** YOUR TASK **
Search the material for the string "FragmentsByName" and copy each line where it occurs.

--------------------------------------------------

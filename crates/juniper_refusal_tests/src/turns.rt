//! Turns in which less memory is left than a call needs, in each a little more, up to one in which it is enough.

use std::alloc::{AllocError, Global};

/// In how many blocks the bytes lie that a call may take at most.
const BLOCKS: usize = 4;

/// How large each of them is. Of blocks that are larger by a third the C library would ask the system, whatever is left.
const BLOCK: usize = 100_000;

/// How many bytes a call may take at most.
const RESERVE: usize = 400_000;

/// How many bytes more are left in each turn.
const STEP: usize = 16;

/// How many turns are to be refused at least.
const LEAST: usize = 10;

/// How a turn ended.
#[derive(Clone, Copy, Debug, PartialEq, Eq)]
pub enum Turn {
    /// Memory was wanting: nothing else was answered, and what was lent is as it was.
    Refused,
    /// The call gave its own answer.
    Answered,
    /// The call answered something else, or what was lent has changed.
    Wrong,
}

/// A call that is tried in turns.
pub trait Task {
    /// Makes ready what the call takes, holds back all but the room, makes the call, gives back what was held back, and looks at the answer.
    fn turn(&mut self, alloc: Global, room: Room) -> Turn;
}

/// How much memory is left to the call of a turn.
#[derive(Clone, Copy)]
pub struct Room {
    bytes: usize,
}

/// What is held back while a call is made; to be dropped behind it.
pub type HeldBack = Result<Vec<u8>, AllocError>;

impl Room {
    /// Holds back the largest block that there is but for this room, at its end.
    pub fn hold_back(self, alloc: Global) -> HeldBack {
        Vec::with_capacity(alloc, largest_block(alloc).saturating_sub(self.bytes))
    }
}

/// How large a block can be had, up to the reserve.
fn largest_block(alloc: Global) -> usize {
    let mut size: usize = 0;
    let mut more = RESERVE;
    for _halving in 0..15 {
        if is_granted(alloc, size.saturating_add(more)) {
            size = size.saturating_add(more);
        }
        more /= 2;
    }
    size
}

/// Whether a block of this size can be had.
fn is_granted(alloc: Global, size: usize) -> bool {
    let block: HeldBack = Vec::with_capacity(alloc, size);
    block.is_ok()
}

/// How many turns were refused, and how the last one ended.
#[derive(Clone, Copy)]
struct Turns {
    refused: usize,
    last: Turn,
}

/// How the turns of a task ended.
#[derive(Clone, Copy, Debug, PartialEq, Eq)]
pub enum Ended {
    /// At least ten turns were refused, and then one was answered.
    Answered,
    /// One was answered, but fewer than ten were refused.
    TooSoon,
    /// All were refused.
    Never,
    /// One was wrong.
    Wrong,
}

/// Takes the turns of a task, up to one that is answered.
///
/// # Errors
/// That there was no memory for the turns themselves.
pub fn tried<T: Task>(alloc: Global, task: &mut T) -> Result<Ended, AllocError> {
    let reserve = reserve(alloc)?;
    let blocks = take_all(alloc)?;
    drop(reserve);
    let turns = take_turns(alloc, task);
    drop(blocks);
    Ok(match turns.last {
        Turn::Answered if turns.refused < LEAST => Ended::TooSoon,
        Turn::Answered => Ended::Answered,
        Turn::Refused => Ended::Never,
        Turn::Wrong => Ended::Wrong,
    })
}

/// The bytes that a call may take at most.
fn reserve(alloc: Global) -> Result<Vec<Vec<u8>>, AllocError> {
    let mut reserve: Vec<Vec<u8>> = Vec::with_capacity(alloc, BLOCKS)?;
    for _block in 0..BLOCKS {
        reserve.push(Vec::with_capacity(alloc, BLOCK)?)?;
    }
    Ok(reserve)
}

/// Takes turns as long as they are refused.
fn take_turns<T: Task>(alloc: Global, task: &mut T) -> Turns {
    let mut refused: usize = 0;
    for step in 0..RESERVE / STEP {
        let room = Room {
            bytes: STEP.saturating_mul(step),
        };
        let last = task.turn(alloc, room);
        if last != Turn::Refused {
            return Turns { refused, last };
        }
        refused = refused.saturating_add(1);
    }
    Turns {
        refused,
        last: Turn::Refused,
    }
}

/// The most blocks that are taken.
const MOST: usize = 200_000;

/// Takes all memory that is left, in blocks that halve in size.
fn take_all(alloc: Global) -> Result<Vec<Vec<u8>>, AllocError> {
    let mut blocks: Vec<Vec<u8>> = Vec::with_capacity(alloc, MOST)?;
    let mut size: usize = 1 << 46;
    for _halving in 0..43 {
        take_blocks(alloc, size, &mut blocks);
        size /= 2;
    }
    Ok(blocks)
}

/// Takes as many blocks of this size as there are.
fn take_blocks(alloc: Global, size: usize, blocks: &mut Vec<Vec<u8>>) {
    for _block in blocks.len()..MOST {
        match Vec::with_capacity(alloc, size) {
            Ok(block) => {
                if blocks.push(block).is_err() {
                    return;
                }
            }
            Err(_) => return,
        }
    }
}
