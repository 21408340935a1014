//! Explanations of a whole document (section 5 of the Specification).

ghost use Rattle.std.specs.Prelude.{◌≡◌, IfOk, []};
ghost use Rattle.std.specs.List.{flat_map};
ghost use Rattle.juniper_schema.specs.SchemaView.{view_schema};
ghost use Rattle.juniper_syntax.specs.DocumentView.{view_document};
ghost use Rattle.juniper_explain.specs.Adding.{WhereListed};
ghost use Rattle.juniper_explain.specs.Explanations.{explanations_at, judged, view_explanations};
ghost use Rattle.juniper_explain.specs.Nodes.{explanations, name_findings};

use crate::explanation::Explanation;
use crate::names::explain_names;
use crate::types::explain_types;
use crate::uses::explain_uses;
use juniper_field_graph::cannot_merge;
use juniper_rules::{Listed, listed_in, listed_on_types};
use juniper_schema::SchemaType;
use juniper_syntax::{Definition, Document, ScalarValue};
use juniper_written::{FragmentsByName, fragments_by_name};
use std::alloc::{AllocError, Global};

/// Why a document is not valid: for each error that [`validate`](juniper_rules::validate) lists, in the order of that list,
/// one explanation or more, each at a node that violates the error's rule. There are none exactly where the document is
/// valid (section 5). An error where memory is refused.
pub fn explain<'d, 'a, S: ScalarValue>(
    alloc: Global,
    document: &'d Document<'a, S>,
    schema: &'d SchemaType<S>,
    is_introspection_disabled: bool,
) -> Result<Vec<Explanation>, AllocError>
    ensures { IfOk result (λ es. view_explanations es.items ≡ explanations (view_schema S.shown schema.now) is_introspection_disabled
        (view_document S.shown document.now)) }
{
    let definitions = document.as_slice();
    let fragments = fragments_by_name(alloc, definitions)?;
    let listed = listed_in(alloc, definitions)?;
    let explained = explain_names(alloc, schema, definitions, &listed, &fragments)?;
    if !explained.is_empty() {
        return Ok(explained);
    }
    explain_later(
        alloc,
        schema,
        definitions,
        &listed,
        &fragments,
        is_introspection_disabled,
    )
}

/// Explains what the later phases find in a document on whose names no rule finds anything.
fn explain_later<'d, 'a, S: ScalarValue>(
    alloc: Global,
    schema: &'d SchemaType<S>,
    document: &'d [Definition<'a, S>],
    listed: &[Listed<'d, 'a, S>],
    fragments: &FragmentsByName<'d, 'a, S>,
    is_introspection_disabled: bool,
) -> Result<Vec<Explanation>, AllocError>
    ensures { IfOk result (λ es. WhereListed S.shown document.now listed.now fragments.now (λ d.
        [] ≡ flat_map explanations_at (judged (name_findings (view_schema S.shown schema.now) d) [] d) →
        view_explanations es.items ≡ explanations (view_schema S.shown schema.now) is_introspection_disabled d)) }
{
    let on_types = listed_on_types(alloc, schema, listed)?;
    let explained = explain_types(alloc, schema, &on_types)?;
    if !explained.is_empty() {
        return Ok(explained);
    }
    let cannot_merge = cannot_merge(alloc, schema, document, fragments)?;
    explain_uses(
        alloc,
        schema,
        &on_types,
        fragments,
        &cannot_merge,
        is_introspection_disabled,
    )
}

--------------------------------------------------

** REPLY **
use juniper_written::{FragmentsByName, fragments_by_name};
    fragments: &FragmentsByName<'d, 'a, S>,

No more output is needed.